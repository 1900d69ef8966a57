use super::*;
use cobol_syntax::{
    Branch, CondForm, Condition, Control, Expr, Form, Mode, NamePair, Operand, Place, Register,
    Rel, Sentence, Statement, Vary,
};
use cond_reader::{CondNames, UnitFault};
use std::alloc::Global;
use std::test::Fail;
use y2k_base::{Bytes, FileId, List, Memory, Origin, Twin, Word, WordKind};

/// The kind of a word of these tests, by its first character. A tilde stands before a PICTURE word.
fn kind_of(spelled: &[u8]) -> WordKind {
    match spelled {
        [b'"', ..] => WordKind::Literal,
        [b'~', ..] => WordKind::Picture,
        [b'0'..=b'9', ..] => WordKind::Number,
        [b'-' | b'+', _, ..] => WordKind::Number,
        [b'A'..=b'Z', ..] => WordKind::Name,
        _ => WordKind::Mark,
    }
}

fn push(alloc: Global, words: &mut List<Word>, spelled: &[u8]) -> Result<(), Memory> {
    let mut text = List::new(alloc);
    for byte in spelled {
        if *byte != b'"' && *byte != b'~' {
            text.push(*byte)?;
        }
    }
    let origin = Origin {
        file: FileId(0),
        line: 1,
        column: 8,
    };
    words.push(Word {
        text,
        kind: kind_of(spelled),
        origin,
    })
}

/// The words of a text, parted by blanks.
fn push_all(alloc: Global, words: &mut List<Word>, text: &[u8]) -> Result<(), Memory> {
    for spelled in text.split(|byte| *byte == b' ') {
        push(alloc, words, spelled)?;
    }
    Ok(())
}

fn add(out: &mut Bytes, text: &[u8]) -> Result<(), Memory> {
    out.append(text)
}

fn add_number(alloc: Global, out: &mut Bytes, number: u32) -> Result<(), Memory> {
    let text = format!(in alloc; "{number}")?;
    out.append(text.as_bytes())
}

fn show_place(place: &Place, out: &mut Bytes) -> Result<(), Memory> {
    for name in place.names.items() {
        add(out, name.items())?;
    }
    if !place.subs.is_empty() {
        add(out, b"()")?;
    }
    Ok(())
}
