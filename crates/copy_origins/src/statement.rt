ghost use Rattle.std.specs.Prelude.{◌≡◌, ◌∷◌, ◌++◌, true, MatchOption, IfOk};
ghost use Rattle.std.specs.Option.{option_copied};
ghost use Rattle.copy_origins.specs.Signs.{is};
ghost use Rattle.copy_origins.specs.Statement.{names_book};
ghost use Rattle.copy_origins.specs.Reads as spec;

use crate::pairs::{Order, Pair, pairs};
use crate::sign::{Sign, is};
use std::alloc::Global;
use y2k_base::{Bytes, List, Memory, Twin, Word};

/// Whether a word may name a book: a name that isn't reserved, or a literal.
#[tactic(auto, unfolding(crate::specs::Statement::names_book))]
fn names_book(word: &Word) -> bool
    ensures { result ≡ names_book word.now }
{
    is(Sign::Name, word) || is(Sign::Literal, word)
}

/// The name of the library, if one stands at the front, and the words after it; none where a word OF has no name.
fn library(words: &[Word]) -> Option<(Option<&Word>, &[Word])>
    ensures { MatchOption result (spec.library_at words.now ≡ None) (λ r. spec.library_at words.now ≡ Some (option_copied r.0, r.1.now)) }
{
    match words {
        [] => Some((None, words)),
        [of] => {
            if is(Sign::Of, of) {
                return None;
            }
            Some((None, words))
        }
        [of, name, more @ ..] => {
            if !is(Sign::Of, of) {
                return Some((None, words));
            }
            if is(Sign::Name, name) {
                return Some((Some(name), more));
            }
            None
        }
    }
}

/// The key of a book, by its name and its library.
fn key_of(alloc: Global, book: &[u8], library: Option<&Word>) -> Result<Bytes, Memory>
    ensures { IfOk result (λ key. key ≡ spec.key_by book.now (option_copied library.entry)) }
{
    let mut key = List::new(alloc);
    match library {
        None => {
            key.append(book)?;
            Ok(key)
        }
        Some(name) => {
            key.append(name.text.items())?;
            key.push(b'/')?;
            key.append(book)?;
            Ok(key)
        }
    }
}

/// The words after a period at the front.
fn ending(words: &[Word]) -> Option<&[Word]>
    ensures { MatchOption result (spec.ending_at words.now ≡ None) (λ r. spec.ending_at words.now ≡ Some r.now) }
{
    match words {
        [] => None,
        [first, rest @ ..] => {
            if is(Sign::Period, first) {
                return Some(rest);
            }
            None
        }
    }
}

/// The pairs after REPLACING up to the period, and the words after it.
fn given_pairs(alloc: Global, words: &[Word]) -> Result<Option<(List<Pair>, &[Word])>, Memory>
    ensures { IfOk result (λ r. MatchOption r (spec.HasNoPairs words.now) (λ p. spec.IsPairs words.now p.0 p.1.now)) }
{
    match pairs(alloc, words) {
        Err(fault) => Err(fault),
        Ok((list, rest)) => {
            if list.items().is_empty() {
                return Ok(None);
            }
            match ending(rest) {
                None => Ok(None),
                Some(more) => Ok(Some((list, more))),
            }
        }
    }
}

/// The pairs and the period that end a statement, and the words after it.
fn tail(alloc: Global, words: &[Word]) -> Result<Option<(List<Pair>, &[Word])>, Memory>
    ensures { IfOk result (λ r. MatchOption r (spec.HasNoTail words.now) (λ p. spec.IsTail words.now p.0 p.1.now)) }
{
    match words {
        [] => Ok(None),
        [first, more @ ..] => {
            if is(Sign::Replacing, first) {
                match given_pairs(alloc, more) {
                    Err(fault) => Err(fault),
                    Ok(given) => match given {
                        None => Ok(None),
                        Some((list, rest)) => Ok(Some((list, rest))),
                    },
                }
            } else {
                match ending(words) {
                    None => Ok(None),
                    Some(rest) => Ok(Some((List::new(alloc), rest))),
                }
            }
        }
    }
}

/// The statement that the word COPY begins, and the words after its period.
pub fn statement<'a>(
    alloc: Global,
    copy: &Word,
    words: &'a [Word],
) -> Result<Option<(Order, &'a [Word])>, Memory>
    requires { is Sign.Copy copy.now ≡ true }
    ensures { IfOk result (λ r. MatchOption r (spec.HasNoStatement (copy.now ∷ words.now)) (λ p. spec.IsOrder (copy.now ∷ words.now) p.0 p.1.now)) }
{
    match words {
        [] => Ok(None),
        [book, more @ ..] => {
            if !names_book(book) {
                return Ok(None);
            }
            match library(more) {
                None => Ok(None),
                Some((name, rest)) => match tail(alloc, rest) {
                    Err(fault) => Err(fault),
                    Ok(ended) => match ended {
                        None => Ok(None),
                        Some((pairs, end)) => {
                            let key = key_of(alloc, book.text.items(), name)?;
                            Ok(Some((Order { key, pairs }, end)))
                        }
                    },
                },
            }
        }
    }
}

--

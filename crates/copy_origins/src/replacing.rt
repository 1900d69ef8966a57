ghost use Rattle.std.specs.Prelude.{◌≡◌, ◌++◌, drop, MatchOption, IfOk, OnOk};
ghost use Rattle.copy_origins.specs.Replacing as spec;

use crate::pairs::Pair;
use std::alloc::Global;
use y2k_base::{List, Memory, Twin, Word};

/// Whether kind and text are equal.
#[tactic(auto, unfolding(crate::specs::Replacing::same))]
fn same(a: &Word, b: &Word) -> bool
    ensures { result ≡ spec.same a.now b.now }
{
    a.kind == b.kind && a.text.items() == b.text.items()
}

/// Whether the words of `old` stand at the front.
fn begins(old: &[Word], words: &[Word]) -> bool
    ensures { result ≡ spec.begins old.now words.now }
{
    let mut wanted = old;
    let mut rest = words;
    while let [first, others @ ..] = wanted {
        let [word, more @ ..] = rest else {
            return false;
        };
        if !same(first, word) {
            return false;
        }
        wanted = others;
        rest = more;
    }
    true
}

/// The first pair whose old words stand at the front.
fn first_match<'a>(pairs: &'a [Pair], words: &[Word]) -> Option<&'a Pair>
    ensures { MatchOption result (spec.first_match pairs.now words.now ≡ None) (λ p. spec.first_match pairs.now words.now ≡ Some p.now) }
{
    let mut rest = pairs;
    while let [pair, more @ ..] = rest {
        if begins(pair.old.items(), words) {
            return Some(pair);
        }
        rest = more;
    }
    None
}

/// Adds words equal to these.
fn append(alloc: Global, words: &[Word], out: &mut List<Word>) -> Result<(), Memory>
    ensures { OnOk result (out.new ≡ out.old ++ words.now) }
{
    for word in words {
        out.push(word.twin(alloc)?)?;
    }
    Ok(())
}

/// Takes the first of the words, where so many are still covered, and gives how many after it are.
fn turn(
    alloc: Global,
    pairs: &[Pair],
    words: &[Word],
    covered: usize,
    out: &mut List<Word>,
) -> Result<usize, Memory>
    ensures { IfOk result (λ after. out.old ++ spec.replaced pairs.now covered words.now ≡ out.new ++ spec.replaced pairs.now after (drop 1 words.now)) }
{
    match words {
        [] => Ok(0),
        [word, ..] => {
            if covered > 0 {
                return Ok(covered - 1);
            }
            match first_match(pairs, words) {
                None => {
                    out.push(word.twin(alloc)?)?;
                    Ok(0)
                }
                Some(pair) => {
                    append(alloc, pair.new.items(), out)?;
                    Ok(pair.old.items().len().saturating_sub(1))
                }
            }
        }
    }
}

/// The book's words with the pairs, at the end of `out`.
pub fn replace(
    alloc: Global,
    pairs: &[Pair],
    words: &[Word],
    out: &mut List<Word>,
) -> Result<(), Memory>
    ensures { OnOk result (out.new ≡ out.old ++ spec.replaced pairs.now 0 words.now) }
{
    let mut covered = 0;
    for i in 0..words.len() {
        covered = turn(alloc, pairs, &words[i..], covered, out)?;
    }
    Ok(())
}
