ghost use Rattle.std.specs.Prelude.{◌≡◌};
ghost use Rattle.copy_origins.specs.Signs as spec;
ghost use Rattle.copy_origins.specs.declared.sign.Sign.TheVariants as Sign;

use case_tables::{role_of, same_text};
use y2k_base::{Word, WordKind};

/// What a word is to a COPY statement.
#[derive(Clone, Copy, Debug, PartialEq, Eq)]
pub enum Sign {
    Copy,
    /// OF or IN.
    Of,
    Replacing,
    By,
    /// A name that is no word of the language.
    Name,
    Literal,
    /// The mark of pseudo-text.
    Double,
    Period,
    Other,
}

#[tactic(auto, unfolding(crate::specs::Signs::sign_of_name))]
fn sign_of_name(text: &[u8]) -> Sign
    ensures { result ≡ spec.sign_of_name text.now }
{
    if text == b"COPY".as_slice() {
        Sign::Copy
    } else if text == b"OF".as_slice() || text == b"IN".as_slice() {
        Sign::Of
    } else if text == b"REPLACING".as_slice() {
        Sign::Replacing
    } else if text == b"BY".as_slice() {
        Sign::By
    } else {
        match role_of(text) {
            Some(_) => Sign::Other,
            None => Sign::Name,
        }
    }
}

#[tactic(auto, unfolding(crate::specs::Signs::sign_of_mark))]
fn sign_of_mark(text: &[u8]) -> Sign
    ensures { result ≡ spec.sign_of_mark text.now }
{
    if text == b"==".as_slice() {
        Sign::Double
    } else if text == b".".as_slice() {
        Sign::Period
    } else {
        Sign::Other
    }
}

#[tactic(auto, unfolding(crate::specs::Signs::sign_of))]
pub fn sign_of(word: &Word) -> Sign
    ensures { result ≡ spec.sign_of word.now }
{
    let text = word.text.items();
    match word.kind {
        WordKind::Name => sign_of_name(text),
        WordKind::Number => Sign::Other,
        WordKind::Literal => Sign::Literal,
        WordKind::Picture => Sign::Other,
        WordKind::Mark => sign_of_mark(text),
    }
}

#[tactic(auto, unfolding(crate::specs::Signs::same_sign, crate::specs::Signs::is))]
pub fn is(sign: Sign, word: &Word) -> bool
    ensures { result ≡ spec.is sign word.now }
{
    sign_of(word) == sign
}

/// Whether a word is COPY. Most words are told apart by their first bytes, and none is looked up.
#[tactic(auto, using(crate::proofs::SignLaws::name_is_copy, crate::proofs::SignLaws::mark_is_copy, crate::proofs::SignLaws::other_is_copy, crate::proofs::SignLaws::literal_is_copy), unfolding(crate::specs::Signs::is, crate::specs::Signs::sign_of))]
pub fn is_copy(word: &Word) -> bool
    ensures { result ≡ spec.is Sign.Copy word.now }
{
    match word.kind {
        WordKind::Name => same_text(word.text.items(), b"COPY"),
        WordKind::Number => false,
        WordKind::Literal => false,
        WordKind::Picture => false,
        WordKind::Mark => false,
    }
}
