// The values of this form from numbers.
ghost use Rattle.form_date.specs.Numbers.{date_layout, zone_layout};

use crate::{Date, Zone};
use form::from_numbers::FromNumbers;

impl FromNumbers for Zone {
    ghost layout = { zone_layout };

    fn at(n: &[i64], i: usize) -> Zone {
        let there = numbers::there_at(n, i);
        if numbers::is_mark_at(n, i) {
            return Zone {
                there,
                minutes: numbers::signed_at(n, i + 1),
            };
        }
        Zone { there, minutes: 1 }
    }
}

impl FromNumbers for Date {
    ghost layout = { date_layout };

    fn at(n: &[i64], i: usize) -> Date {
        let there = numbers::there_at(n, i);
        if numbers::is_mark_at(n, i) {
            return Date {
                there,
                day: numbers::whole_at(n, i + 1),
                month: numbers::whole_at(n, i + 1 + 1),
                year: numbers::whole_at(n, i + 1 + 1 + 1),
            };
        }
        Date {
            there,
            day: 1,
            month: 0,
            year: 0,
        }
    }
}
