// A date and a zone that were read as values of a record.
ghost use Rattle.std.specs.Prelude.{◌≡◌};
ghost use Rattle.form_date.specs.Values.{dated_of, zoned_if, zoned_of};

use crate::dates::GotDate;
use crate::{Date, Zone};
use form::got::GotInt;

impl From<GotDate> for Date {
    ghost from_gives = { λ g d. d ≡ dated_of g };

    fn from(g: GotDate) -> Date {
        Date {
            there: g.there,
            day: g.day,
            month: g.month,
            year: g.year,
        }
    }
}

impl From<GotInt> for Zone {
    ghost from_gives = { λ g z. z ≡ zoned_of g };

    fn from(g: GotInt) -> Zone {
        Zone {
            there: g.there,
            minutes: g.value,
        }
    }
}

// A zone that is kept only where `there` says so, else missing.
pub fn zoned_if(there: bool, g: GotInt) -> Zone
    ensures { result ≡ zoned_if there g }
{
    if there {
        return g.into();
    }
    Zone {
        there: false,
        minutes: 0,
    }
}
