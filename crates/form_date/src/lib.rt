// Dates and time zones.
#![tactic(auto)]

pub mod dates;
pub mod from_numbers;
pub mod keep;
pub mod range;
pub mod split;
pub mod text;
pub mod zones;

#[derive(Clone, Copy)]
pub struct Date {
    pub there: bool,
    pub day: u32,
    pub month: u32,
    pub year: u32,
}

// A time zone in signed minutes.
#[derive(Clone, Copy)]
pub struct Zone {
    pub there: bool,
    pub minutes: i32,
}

## WHAT NEEDS TO BE DONE:
Lines above holding "true": give their count, nothing more.

## EXERCISE RESULT:
3